2) When we talk about the different "paths" that contribute to a given
amplitude, it's just a fancy way of saying that we can organize the matrix
multiplications in such a way that the amplitude we want is a giant sum. So
for example, suppose we apply Hadamard twice in sequence to the initial state
|0>. The first Hadamard maps |0> to (|0>+|1>)/sqrt(2). The second Hadamard
maps |0> to (|0>+|1>)/sqrt(2) and |1> to (|0>-|1>)/sqrt(2). So by linearity,
it maps (|0>+|1>)/sqrt(2) to

((|0>+|1>)/sqrt(2) + (|0>-|1>)/sqrt(2))/sqrt(2) = (1/2+1/2)|0> \+
(1/2-1/2)|1>.

So in this case, we could say that there are "two paths leading to |0>," both
of which contribute 1/2 to its final amplitude (so that the amplitude is 1).
There are also "two paths leading to |1>," but one contributes 1/2 to its
amplitude and the other contributes -1/2, so the two contributions interfere
destructively and the final amplitude of |1> is 0.

This is sometimes called the "Feynman" or "sum-over-paths" picture of quantum
mechanics. As you can see, though, it's just a different way of looking at
exactly the same math, namely multiplication of matrices and vectors.

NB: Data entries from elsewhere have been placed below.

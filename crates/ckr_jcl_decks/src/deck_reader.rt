//! The statements of a deck read in turn, up to the first that has a fault.
ghost use Rattle.std.specs.Prelude.{◌≡◌, ◌+◌, ◌/◌, ◌%◌, ◌^◌, ◌<◌, ◌≤◌, IsTrue, IfOk, IfErr, MatchOption, Option, None, ◌∷◌, fold, length};
ghost use Rattle.ckr_base.specs.Grammar.{is_name8};
ghost use Rattle.ckr_cards.specs.Card.{stored_card, stored_cards};
ghost use Rattle.ckr_cards.specs.Statement.{is_named, name_in, statements_of};
ghost use Rattle.ckr_jcl_faults.specs.DeckText.{deck_text, job_text, with_statement};
ghost use Rattle.ckr_jcl_faults.specs.Faults.{faults_of, least_fault, first_fault, nothing_seen, seen_behind, statement_fault};
ghost use Rattle.ckr_jcl_decks.specs.ReaderErrors.{TellsFault, IsDeckText};
ghost use Rattle.ckr_jcl_decks.specs.Deck.{Answers, answer_of, stored_deck};

use crate::judgement::judged;
use ckr_cards::{Statement, StoredCard, read_statement};
use ckr_jcl::{DeckError, Job};
use ckr_jcl_faults::{Fault, JobText, MetFaults, least_fault, seen_behind};
use std::alloc::Global;

/// The least fault of a statement. Where it has none, its name is well formed.
#[tactic(auto, using(crate::proofs::StatementNames::well_named, crate::proofs::StatementNames::first_named))]
fn fault_of(seen: MetFaults, statement: &Statement) -> Option<Fault>
    ensures value { result ≡ least_fault (faults_of seen statement.now) }
    ensures first { result ≡ None → statement.now.first.number ≡ 1 → IsTrue (is_name8 (name_in statement.now)) }
    ensures named { result ≡ None → IsTrue (is_named statement.now.kind) → IsTrue (is_name8 (name_in statement.now)) }
{
    least_fault(seen, statement)
}

/// What was read of a deck.
#[derive(Drop)]
struct Reading {
    seen: MetFaults,
    job: JobText,
}

impl Reading {
    /// What the first statement says. The error is its least fault.
    fn of(alloc: Global, statement: &Statement) -> Result<Reading, DeckError>
        requires { statement.now.first.number ≡ 1 }
        ensures sound { IfOk result (λ made. least_fault (faults_of nothing_seen statement.now) ≡ None) }
        ensures seen { IfOk result (λ made. made.seen ≡ seen_behind nothing_seen statement.now) }
        ensures job { IfOk result (λ made. made.job ≡ job_text statement.now) }
        ensures fault { IfErr result (λ error. TellsFault error (least_fault (faults_of nothing_seen statement.now))) }
    {
        let nothing = MetFaults {
            exec: false,
            syschk: false,
        };
        if let Some(fault) = fault_of(nothing, statement) {
            return Err(DeckError::At {
                number: fault.number,
                card: fault.card,
            });
        }
        Ok(Reading {
            seen: seen_behind(nothing, statement),
            job: JobText::new(alloc, statement),
        })
    }

    /// With one more statement. The error is its least fault, or the want of memory.
    fn with(self, alloc: Global, statement: Statement) -> Result<Reading, DeckError>
        ensures sound { IfOk result (λ next. least_fault (faults_of self.seen statement) ≡ None) }
        ensures seen { IfOk result (λ next. next.seen ≡ seen_behind self.seen statement) }
        ensures job { IfOk result (λ next. next.job ≡ with_statement self.job statement) }
        ensures fault { IfErr result (λ error. TellsFault error (least_fault (faults_of self.seen statement))) }
    {
        if let Some(fault) = fault_of(self.seen, &statement) {
            return Err(DeckError::At {
                number: fault.number,
                card: fault.card,
            });
        }
        let seen = seen_behind(self.seen, &statement);
        match self.job.with_statement(alloc, statement) {
            Ok(job) => Ok(Reading { seen, job }),
            Err(_) => Err(DeckError::NoMemory),
        }
    }
}

/// What the cards behind the first statement say. The error is the least fault of the first
/// statement that has one.
fn read_rest(
    alloc: Global,
    begun: Reading,
    first_number: u32,
    cards: &[StoredCard],
) -> Result<Reading, DeckError>
    requires { first_number + length cards.now < 2 ^ 32 }
    ensures sound { IfOk result (λ made. first_fault begun.seen (statements_of (stored_cards first_number cards.now)) ≡ None) }
    ensures job { IfOk result (λ made. made.job ≡ fold with_statement begun.job (statements_of (stored_cards first_number cards.now))) }
    ensures fault { IfErr result (λ error. TellsFault error (first_fault begun.seen (statements_of (stored_cards first_number cards.now)))) }
{
    let mut reading = begun;
    let mut number = first_number;
    let mut rest = cards;
    while let Some((first, more)) = rest.split_first() {
        let Ok(statement) = read_statement(alloc, number, first, more) else {
            return Err(DeckError::NoMemory);
        };
        let behind = statement.cards_behind();
        reading = reading.with(alloc, statement)?;
        number += 1 + behind as u32;
        rest = more.split_at(behind).1;
    }
    Ok(reading)
}

/// What the cards of a deck say, which begin with a card. The error is the least fault, of J01 to
/// J11, of the first statement that has one.
#[tactic(auto, using(crate::proofs::StatementOrder::number_of_first))]
pub(crate) fn read_text(
    alloc: Global,
    first: &StoredCard,
    rest: &[StoredCard],
) -> Result<JobText, DeckError>
    requires { length rest.now + 2 < 2 ^ 32 }
    ensures sound { IfOk result (λ job. statement_fault (statements_of (stored_cards 1 (first.now ∷ rest.now))) ≡ None) }
    ensures text { IfOk result (λ job. IsDeckText (statements_of (stored_cards 1 (first.now ∷ rest.now))) job) }
    ensures fault { IfErr result (λ error. TellsFault error (statement_fault (statements_of (stored_cards 1 (first.now ∷ rest.now))))) }
{
    let Ok(statement) = read_statement(alloc, 1, first, rest) else {
        return Err(DeckError::NoMemory);
    };
    let behind = statement.cards_behind();
    let begun = Reading::of(alloc, &statement)?;
    let read = read_rest(alloc, begun, 2 + behind as u32, rest.split_at(behind).1)?;
    match read.job.closed() {
        Ok(job) => Ok(job),
        Err(_) => Err(DeckError::NoMemory),
    }
}

/// The job of a deck whose cards are stored, of which there is at least one.
#[tactic(auto, using(crate::proofs::Answers::answers_fault, crate::proofs::Answers::answers_judged))]
fn read_stored(
    alloc: Global,
    count: u32,
    first: &StoredCard,
    rest: &[StoredCard],
) -> Result<Job, DeckError>
    requires { length rest.now + 2 < 2 ^ 32 }
    ensures { Answers result (answer_of (statement_fault (statements_of (stored_cards 1 (first.now ∷ rest.now)))) count (statements_of (stored_cards 1 (first.now ∷ rest.now)))) }
{
    match read_text(alloc, first, rest) {
        Ok(job) => judged(alloc, count, &job),
        Err(error) => Err(error),
    }
}

/// The job of a deck (IBM GC28-6704 and this project's profile). The cards have 81 bytes each, of
/// which the 81st tells by 1 that the line was longer than 80 bytes.
///
/// `At` tells the rule that the deck breaks and the card where, counted from 1. J01 to J11 are
/// looked at statement by statement: the first statement with one of them gives its least card,
/// and then its least number. Where there is none, it is the least card and then the least number
/// of J12 to J24 in the whole deck. `NoMemory` says nothing of the deck.
#[tactic(auto, using(crate::proofs::Answers::stored_deck_cards))]
pub fn read_deck(alloc: Global, cards: &[u8]) -> Result<Job, DeckError>
    requires some { 0 < length cards.now }
    requires whole { length cards.now % 81 ≡ 0 }
    requires few { length cards.now / 81 + 1 < 2 ^ 32 }
    ensures { Answers result (stored_deck cards.now) }
{
    let stored = cards.as_chunks::<81>().0;
    match stored.split_first() {
        Some((first, rest)) => read_stored(alloc, stored.len() as u32, first, rest),
        None => unreachable!(),
    }
}
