//! The answer to a deck whose statements have no fault.
ghost use Rattle.std.specs.Prelude.{◌≡◌, ◌≤◌, IfOk, IfErr, length, Ok};
ghost use Rattle.ckr_jcl_faults.specs.Faults.{fault_at, least_fault};
ghost use Rattle.ckr_jcl_faults.specs.DdFaults.{breaks};
ghost use Rattle.ckr_jcl_decks.specs.DeckFaults.{faults_of_uses, faults_of_names, deck_faults};
ghost use Rattle.ckr_jcl_decks.specs.Deck.{job_unless, judged, Answers};

use crate::checkpoint_names::checkpoint_name_fault;
use crate::deck_faults::{
    checkpoint_fault, dd_in_steps, dd_or_syschk, limit_fault, missing_dd, parm_text_fault,
    program_fault, restart_step_fault,
};
use crate::job::job_of;
use crate::repeated_names::repeated_name;
use ckr_base::NoMemory;
use ckr_jcl::{DeckError, Job};
use ckr_jcl_faults::{DdRule, Fault, JobText, fault_at};
use std::alloc::Global;

/// The least fault of J20 to J24.
#[tactic(auto, unfolding(crate::specs::DeckFaults::faults_of_uses))]
fn least_of_uses(alloc: Global, cards: u32, job: &JobText) -> Result<Option<Fault>, NoMemory>
    ensures { IfOk result (λ fault. fault ≡ least_fault (faults_of_uses cards job.now)) }
{
    let steps = job.steps.as_slice();
    let later = fault_at(24, checkpoint_name_fault(alloc, job)?, None);
    let later = fault_at(23, limit_fault(cards, job), later);
    let later = fault_at(22, dd_in_steps(DdRule::WrongRecords, steps), later);
    let later = fault_at(21, dd_in_steps(DdRule::WrongSpace, steps), later);
    Ok(fault_at(20, dd_in_steps(DdRule::WrongUse, steps), later))
}

/// The least fault of J17 to J24.
#[tactic(auto, unfolding(crate::specs::DeckFaults::faults_of_names))]
fn least_of_names(alloc: Global, cards: u32, job: &JobText) -> Result<Option<Fault>, NoMemory>
    ensures { IfOk result (λ fault. fault ≡ least_fault (faults_of_names cards job.now)) }
{
    let later = least_of_uses(alloc, cards, job)?;
    let later = fault_at(19, repeated_name(alloc, job)?, later);
    let later = fault_at(18, dd_or_syschk(DdRule::IllNamed, job), later);
    Ok(fault_at(17, dd_or_syschk(DdRule::LeftOut, job), later))
}

/// The fault, of J12 to J24, of the least card of a deck of so many cards whose statements have none, and of these the one of the least number
/// (IBM GC28-6704 and this project's profile). `NoMemory` where there is none.
#[tactic(auto, unfolding(crate::specs::DeckFaults::deck_faults))]
pub fn least_of_deck(alloc: Global, cards: u32, job: &JobText) -> Result<Option<Fault>, NoMemory>
    ensures { IfOk result (λ fault. fault ≡ least_fault (deck_faults cards job.now)) }
{
    let later = least_of_names(alloc, cards, job)?;
    let later = fault_at(16, missing_dd(job), later);
    let later = fault_at(15, parm_text_fault(job), later);
    let later = fault_at(14, program_fault(job), later);
    let later = fault_at(13, checkpoint_fault(job), later);
    Ok(fault_at(12, restart_step_fault(job), later))
}

/// The job of a deck of so many cards whose statements have no fault, or its least fault of J12 to J24.
#[tactic(auto, using(crate::proofs::Limits::few_steps), unfolding(crate::specs::Deck::judged))]
pub(crate) fn judged(alloc: Global, cards: u32, job: &JobText) -> Result<Job, DeckError>
    ensures { Answers result (judged cards job.now) }
{
    match least_of_deck(alloc, cards, job)? {
        Some(fault) => Err(DeckError::At {
            number: fault.number,
            card: fault.card,
        }),
        None => Ok(job_of(alloc, job)?),
    }
}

So then why use the sum-over-paths picture at all? Well, a few reasons:
physicists like it because it often gives them more insight into what's going
on, into what are the more and less important contributions to a given
process, and it can also make calculations easier. Meanwhile, computer
scientists like the picture because it lets us simulate a quantum computer by
a classical computer, still using exponential time but now using only a linear
amount of memory, rather than the exponential amount of memory we'd need if we
tried to store all 2^n amplitudes at once.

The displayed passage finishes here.